Mine stayed the same, but I've look at some threads and have no idea who some of you people are now! I hope they correct the name issue, or at least let people change it themselves.

Btw, the layout on this new site while responsive for mobile devices, wastes a ton of space. I hope they look at different templates and find one that is a little tighter.


----------



## Flylaw

Mine changed from Flylaw to Abcritt.


----------



## Vining

Abcritt said:


> Mine changed from Flylaw to Abcritt.


Mine changed to my last name....don't like that,


----------



## captdrob

I must be one of the lucky ones as mine didn't change at all.


----------



## pt448

Same thing happened to me with the switch. My "username" became public instead of my "screen name". I used the "Contact Us" link at the bottom of the page and requested it be changed back and it's fixed now.


----------



## iMacattack

Net 30 said:


> Same thing happened to me today…sent Moderator Chelsea an PM and she fixed it no problem.


I can not edit usernames. So please do as above.


----------



## acesover

iMacattack said:


> I can not edit usernames. So please do as above.

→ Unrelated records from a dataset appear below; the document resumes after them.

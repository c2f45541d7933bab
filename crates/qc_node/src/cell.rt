//! An actor's process in its cell, and its turns.

ghost use Rattle.std.specs.Prelude.{◌≡◌, ◌<◌, [], IfOk, false};
ghost use Rattle.qc_decl.specs.Actors.{actors};
ghost use Rattle.qc_pass.specs.Made.{IsNew};
ghost use Rattle.qc_pass.specs.Tokens.{number};
ghost use Rattle.qc_process.specs.Stored.{IsProcess};
ghost use Rattle.qc_node.specs.Runnable.{IsRunnable};
ghost use Rattle.qc_node.specs.Cells.{IsTurn};

use crate::ends::TurnEnd;
use crate::worker::Worker;
use qc_fabric::{RunName, Taken};
use qc_list::OutOfMemory;
use qc_msg::Step;
use qc_outside::{Disk, Gate};
use qc_pass::Pass;
use qc_process::Process;
use std::alloc::AllocError;
use std::marker::{Model, PhantomData};
use std::sync::Wait;
use std::thread::Threads;

/// A process with its pass. Where it was given up, its disk is all that is known
/// of it.
#[derive(Drop)]
pub struct Cell<D: Disk, N: RunName> {
    pub(crate) process: Process<D>,
    pub(crate) given_up: bool,
    pub(crate) pass: Pass<Step>,
    of: PhantomData<N>,
}

impl<D: Disk, N: RunName> Model for Cell<D, N> {
    ghost use Rattle.qc_pass.specs.Tokens.{number, seen};
    ghost use Rattle.qc_node.specs.Cells.{IsCell, Known};

    ghost Value = { Known };

    ghost view = { λ c. record {
      number = number c.pass;
      seen = seen c.pass;
      given_up = c.given_up;
      process = c.process;
    } };

    ghost invariant = { λ c. IsCell N.tells N.table N.declaration c.given_up c.process c.pass };
}

impl<D: Disk, N: RunName> Cell<D, N> {
    /// The cell of a pass that has seen nothing, with the process of its number
    /// before that does anything. It takes no memory.
    pub(crate) fn new(process: Process<D>, pass: Pass<Step>) -> Cell<D, N>
        requires fresh { IsNew N.table (number pass) pass }
        requires actor { number pass < actors N.declaration }
        requires process { IsProcess N.tells N.declaration (number pass) [] process }
        ensures number { result.number ≡ number pass }
    {
        Cell {
            process,
            given_up: false,
            pass,
            of: PhantomData,
        }
    }

    /// The actor takes its next input, acts, writes its record, and posts. After
    /// want of memory its holding ends, and where it took an input this stays open:
    /// then the process is given up.
    pub(crate) fn turn<G: Gate, R: Threads + Wait + Sync>(
        &mut self,
        worker: &Worker<'_, D, N, G, R>,
    ) -> Result<TurnEnd, OutOfMemory>
        requires runnable { IsRunnable N.declaration N.script }
        ensures number { self.new.number ≡ self.old.number }
        ensures ok { IfOk result (λ end. IsTurn N.declaration N.script self.old self.new end) }
    {
        let end = self.try_turn(worker);
        if end.is_err() {
            worker.fabric.leave(worker.rt, &mut self.pass);
        }
        end
    }

    /// The same, but after want of memory the actor is still held. Its process counts
    /// as given up from the input until all is posted, so each way out between them
    /// leaves it so. All memory is taken before the disk is called.
    fn try_turn<G: Gate, R: Threads + Wait + Sync>(
        &mut self,
        worker: &Worker<'_, D, N, G, R>,
    ) -> Result<TurnEnd, OutOfMemory>
        requires runnable { IsRunnable N.declaration N.script }
        ensures number { self.new.number ≡ self.old.number }
        ensures ok { IfOk result (λ end. IsTurn N.declaration N.script self.old self.new end) }
    {
        let Worker {
            rt,
            alloc,
            decl,
            fabric,
            gate,
            ..
        } = *worker;
        let Some(Taken { given, steps }) = fabric.take(rt, alloc, decl, &mut self.pass)? else {
            return Ok(TurnEnd::NothingReady);
        };
        // A process that was given up has an open input, so nothing is ready for
        // it, and none was taken here. The lock doesn't let that be known.
        if self.given_up {
            return Err(AllocError);
        }
        self.given_up = true;
        let turn = self.process.take(alloc, decl, given)?;
        self.process.prepare(alloc, &turn)?;
        fabric.reserve(rt, &mut self.pass, &turn)?;
        gate.at(rt, self.pass.number(), steps);
        let mut turn = turn;
        turn.append = self.process.append();
        let first = fabric.post(rt, &mut self.pass, turn);
        self.process.sent(first);
        self.given_up = false;
        Ok(TurnEnd::Done)
    }
}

I tried to change the password as requested, but had to sign up again because it said my screen name didn't exist. Used the same screen name and re-registered, and it looks like it worked.


----------



## Josh1

Screen name was Josh, now it's JimO


----------



## anytide

JimO said:


> Screen name was Josh, now it's JimO


Josh is already in use


----------



## anytide

southboundchicken said:


> I use to be southboundchicken and now im the inshoreassasin..... Lol


fixed


----------



## makin moves

Garbage!


----------



## anytide

Flylaw said:


> Mine changed from Flylaw to Abcritt.


fixed


----------



## creekfreak

Mine was creekfreak and now it's my real name William.Oh well.guess that's alright but people get to know you a bit.


----------



## captllama

Mine stayed the same. New site looks nice, but agreed on a lot of wasted space


----------



## bermuda

southboundchicken said:


> I use to be southboundchicken and now im the inshoreassasin..... Lol


I can handle any name changes but southbound chicken must remain southbound chicken lmao!


----------



## Guest

iFly is still iFly. ;-)


----------



## J-Dad

I used to be J-Dad. 

Can I request that Anytide or another admin change me back?


----------



## anytide

done.


----------



## J-Dad

Thanks Anytide


----------



## reallyshallow

anytide said:


> done.


anytide I use to be reallyshallow could you help change it back.

Thanks in advance.


----------



## anytide

done.


----------



## FisherOfMenM4:19

anytide said:


> done.


Anytide, my screen name used to be FusherOfMenM4:19. Currently is my name. Can our be changed back? 
Thank you


----------



## anytide

sure.


----------



## High + Dry Adventures

Anytide,

Me too plz. Name was:

High + Dry Adventures


----------



## anytide




----------



## High + Dry Adventures

Thx


----------



## Megalops

Anytide - THANK YOU. Anything is better that FSU Nole....you saved my life.


----------